Below are the entries to work from; restate word for word the portion that opens with the line containing "repository 07fb9a82ceec1905" and closes with the line containing "error is what", keeping both.

● SUPPLIED INFORMATION
* * *
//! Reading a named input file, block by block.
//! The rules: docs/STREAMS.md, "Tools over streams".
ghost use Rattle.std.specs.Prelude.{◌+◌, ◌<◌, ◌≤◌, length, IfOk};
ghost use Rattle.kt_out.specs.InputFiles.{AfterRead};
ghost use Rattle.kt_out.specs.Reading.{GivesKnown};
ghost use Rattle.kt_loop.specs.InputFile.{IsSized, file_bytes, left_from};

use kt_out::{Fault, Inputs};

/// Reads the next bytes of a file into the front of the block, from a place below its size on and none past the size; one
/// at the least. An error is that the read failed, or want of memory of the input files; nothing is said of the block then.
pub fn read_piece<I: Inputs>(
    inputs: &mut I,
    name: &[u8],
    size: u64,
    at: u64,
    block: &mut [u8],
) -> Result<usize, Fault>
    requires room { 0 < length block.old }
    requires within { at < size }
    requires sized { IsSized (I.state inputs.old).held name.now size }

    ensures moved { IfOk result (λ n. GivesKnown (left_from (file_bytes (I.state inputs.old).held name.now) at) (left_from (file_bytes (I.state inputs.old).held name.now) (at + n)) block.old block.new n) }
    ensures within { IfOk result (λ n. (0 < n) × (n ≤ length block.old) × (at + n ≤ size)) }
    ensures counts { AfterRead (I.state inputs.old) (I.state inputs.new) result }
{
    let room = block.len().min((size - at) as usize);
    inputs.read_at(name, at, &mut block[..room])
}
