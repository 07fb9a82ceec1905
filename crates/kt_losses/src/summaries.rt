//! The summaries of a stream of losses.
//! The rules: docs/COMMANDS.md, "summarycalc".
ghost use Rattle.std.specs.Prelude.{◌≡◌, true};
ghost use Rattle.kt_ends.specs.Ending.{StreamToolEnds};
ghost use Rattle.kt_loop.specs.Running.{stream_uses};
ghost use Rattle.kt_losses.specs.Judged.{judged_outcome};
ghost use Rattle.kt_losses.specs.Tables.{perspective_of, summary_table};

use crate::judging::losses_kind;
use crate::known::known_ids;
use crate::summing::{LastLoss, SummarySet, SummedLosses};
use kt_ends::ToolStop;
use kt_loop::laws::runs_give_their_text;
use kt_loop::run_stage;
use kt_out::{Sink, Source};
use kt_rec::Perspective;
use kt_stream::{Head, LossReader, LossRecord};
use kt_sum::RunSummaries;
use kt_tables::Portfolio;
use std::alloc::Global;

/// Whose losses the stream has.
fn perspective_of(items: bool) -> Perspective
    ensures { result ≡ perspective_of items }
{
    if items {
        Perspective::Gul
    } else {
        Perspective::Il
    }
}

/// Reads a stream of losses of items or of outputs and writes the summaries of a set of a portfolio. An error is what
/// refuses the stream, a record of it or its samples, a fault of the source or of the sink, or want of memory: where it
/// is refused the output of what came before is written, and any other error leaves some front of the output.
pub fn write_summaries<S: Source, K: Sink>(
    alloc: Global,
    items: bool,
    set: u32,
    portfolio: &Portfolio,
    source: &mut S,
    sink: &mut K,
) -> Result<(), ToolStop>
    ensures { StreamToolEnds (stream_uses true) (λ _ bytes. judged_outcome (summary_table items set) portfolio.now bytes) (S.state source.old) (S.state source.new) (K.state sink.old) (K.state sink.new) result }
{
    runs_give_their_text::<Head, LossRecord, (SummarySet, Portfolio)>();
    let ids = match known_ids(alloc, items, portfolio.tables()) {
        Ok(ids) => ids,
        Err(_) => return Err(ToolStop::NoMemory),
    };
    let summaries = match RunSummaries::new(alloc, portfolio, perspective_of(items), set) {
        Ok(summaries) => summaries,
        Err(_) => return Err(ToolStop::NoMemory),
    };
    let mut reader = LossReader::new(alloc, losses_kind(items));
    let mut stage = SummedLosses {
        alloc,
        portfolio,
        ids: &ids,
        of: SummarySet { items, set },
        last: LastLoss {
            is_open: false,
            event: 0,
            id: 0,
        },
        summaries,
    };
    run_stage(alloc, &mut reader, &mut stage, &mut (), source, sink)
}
* * *
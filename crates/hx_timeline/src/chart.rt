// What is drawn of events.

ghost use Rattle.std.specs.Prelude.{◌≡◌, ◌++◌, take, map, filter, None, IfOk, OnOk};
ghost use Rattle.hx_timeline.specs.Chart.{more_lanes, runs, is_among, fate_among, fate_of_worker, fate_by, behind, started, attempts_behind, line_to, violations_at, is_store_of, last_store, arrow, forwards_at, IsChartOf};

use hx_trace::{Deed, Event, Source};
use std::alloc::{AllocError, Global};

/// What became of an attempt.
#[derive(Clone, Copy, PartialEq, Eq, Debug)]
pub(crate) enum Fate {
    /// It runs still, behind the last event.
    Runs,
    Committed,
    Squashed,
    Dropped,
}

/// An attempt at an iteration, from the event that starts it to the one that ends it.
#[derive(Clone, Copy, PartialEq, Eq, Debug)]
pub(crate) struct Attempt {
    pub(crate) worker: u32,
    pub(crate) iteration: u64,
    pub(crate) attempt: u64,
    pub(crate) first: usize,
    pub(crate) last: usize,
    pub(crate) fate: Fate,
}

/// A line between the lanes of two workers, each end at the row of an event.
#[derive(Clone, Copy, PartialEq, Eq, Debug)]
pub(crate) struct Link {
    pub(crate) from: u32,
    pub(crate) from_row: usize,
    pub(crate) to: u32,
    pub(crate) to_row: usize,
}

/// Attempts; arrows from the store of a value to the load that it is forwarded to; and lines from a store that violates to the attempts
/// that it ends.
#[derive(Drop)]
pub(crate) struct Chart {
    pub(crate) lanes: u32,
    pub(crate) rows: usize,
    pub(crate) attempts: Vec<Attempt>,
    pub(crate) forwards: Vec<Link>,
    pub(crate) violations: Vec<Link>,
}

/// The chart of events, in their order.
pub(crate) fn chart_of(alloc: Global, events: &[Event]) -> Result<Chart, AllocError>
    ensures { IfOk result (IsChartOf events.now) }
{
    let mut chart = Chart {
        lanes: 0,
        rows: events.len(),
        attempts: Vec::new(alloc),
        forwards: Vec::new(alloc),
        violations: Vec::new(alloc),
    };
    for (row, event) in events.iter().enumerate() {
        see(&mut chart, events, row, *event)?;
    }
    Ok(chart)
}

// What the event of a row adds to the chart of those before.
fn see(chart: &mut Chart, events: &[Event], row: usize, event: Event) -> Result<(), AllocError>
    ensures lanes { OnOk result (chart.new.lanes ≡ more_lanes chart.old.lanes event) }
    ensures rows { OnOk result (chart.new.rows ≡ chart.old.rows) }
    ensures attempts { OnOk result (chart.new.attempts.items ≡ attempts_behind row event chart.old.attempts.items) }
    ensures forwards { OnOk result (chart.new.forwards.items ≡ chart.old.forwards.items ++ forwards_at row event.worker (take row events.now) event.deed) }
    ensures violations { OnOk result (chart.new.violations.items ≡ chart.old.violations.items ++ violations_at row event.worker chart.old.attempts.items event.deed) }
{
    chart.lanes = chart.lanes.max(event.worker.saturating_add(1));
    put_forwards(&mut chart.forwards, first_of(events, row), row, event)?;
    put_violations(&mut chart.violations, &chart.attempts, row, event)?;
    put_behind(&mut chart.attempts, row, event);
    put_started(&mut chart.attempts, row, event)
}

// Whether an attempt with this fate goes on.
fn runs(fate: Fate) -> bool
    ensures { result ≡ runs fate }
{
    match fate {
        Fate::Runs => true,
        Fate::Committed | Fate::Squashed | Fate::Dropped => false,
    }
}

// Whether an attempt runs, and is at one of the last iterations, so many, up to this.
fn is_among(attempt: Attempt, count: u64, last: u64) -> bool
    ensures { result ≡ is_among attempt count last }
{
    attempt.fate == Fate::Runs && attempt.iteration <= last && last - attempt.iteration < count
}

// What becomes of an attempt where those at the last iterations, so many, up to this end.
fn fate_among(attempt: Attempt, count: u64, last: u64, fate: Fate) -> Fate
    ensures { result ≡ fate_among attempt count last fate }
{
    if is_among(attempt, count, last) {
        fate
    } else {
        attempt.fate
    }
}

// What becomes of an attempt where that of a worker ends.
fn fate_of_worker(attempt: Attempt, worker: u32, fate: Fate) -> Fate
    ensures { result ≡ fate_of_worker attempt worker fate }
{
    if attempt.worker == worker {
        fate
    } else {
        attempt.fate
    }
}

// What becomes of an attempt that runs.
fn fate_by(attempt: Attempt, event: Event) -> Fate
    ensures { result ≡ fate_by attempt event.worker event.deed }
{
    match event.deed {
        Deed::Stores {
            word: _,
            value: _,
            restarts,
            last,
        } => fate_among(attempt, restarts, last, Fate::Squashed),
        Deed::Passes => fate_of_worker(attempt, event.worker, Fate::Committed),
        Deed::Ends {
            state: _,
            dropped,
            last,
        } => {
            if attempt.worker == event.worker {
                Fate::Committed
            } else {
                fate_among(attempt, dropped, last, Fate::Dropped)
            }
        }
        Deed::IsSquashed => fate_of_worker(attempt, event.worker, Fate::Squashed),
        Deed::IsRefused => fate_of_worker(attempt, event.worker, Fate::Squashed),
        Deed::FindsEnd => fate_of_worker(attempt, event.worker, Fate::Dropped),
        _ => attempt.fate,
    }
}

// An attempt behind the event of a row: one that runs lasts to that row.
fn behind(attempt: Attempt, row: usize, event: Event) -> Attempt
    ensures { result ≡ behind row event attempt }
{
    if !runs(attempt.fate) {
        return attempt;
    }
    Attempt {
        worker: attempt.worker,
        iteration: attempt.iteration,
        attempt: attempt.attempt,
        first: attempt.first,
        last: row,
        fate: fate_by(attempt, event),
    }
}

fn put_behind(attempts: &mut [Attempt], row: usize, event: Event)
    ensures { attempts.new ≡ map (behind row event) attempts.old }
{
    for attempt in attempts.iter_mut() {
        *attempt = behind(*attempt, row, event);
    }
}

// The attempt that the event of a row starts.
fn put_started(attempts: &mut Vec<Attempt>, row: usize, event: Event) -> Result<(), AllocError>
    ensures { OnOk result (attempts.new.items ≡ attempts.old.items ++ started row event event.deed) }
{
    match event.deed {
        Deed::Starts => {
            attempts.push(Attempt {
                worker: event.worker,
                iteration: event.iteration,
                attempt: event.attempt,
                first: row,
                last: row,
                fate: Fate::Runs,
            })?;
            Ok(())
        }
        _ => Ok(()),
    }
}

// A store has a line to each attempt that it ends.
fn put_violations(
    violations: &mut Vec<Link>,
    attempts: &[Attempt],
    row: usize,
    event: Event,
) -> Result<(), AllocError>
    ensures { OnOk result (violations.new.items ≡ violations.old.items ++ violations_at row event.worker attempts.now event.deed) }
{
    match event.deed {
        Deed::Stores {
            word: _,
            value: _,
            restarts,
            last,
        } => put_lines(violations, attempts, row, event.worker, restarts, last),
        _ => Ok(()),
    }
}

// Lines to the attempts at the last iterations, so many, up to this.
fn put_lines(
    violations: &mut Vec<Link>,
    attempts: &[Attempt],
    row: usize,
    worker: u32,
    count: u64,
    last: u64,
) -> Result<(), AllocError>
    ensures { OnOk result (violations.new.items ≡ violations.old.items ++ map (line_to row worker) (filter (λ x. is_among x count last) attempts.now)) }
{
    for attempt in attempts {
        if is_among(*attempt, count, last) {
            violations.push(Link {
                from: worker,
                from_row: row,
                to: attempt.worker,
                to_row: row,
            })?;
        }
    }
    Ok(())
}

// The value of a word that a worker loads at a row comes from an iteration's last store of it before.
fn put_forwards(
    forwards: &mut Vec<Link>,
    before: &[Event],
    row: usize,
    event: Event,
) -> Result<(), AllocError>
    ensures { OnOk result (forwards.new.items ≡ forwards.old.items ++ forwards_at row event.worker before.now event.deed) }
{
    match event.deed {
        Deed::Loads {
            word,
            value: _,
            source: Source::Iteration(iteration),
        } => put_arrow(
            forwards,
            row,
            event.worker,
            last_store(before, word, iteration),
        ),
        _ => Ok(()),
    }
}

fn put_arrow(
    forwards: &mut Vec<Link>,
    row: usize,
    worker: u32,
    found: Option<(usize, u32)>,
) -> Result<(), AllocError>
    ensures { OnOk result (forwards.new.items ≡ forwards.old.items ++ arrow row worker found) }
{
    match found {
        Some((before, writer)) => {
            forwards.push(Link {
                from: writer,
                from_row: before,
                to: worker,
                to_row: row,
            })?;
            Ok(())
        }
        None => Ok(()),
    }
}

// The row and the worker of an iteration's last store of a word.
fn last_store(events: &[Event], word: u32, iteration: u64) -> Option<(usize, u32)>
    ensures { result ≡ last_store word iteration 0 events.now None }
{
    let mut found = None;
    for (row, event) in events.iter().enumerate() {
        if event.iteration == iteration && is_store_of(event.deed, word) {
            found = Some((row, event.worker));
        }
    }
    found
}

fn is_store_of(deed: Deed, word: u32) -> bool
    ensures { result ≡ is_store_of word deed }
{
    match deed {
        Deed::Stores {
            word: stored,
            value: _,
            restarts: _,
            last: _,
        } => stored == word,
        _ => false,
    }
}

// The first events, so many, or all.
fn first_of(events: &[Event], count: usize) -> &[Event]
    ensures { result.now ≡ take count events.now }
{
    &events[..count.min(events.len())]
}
* * *
● ANSWER SPACE
repository 07fb9a82ceec1905
filename crates/kt_losses/src/summaries.rt
//! The summaries of a stream of losses.
//! The rules: docs/COMMANDS.md, "summarycalc".
ghost use Rattle.std.specs.Prelude.{◌≡◌, true};
ghost use Rattle.kt_ends.specs.Ending.{StreamToolEnds};
ghost use Rattle.kt_loop.specs.Running.{stream_uses};
ghost use Rattle.kt_losses.specs.Judged.{judged_outcome};
ghost use Rattle.kt_losses.specs.Tables.{perspective_of, summary_table};

use crate::judging::losses_kind;
use crate::known::known_ids;
use crate::summing::{LastLoss, SummarySet, SummedLosses};
use kt_ends::ToolStop;
use kt_loop::laws::runs_give_their_text;
use kt_loop::run_stage;
use kt_out::{Sink, Source};
use kt_rec::Perspective;
use kt_stream::{Head, LossReader, LossRecord};
use kt_sum::RunSummaries;
use kt_tables::Portfolio;
use std::alloc::Global;

/// Whose losses the stream has.
fn perspective_of(items: bool) -> Perspective
    ensures { result ≡ perspective_of items }
{
    if items {
        Perspective::Gul
    } else {
        Perspective::Il
    }
}

/// Reads a stream of losses of items or of outputs and writes the summaries of a set of a portfolio. An error is what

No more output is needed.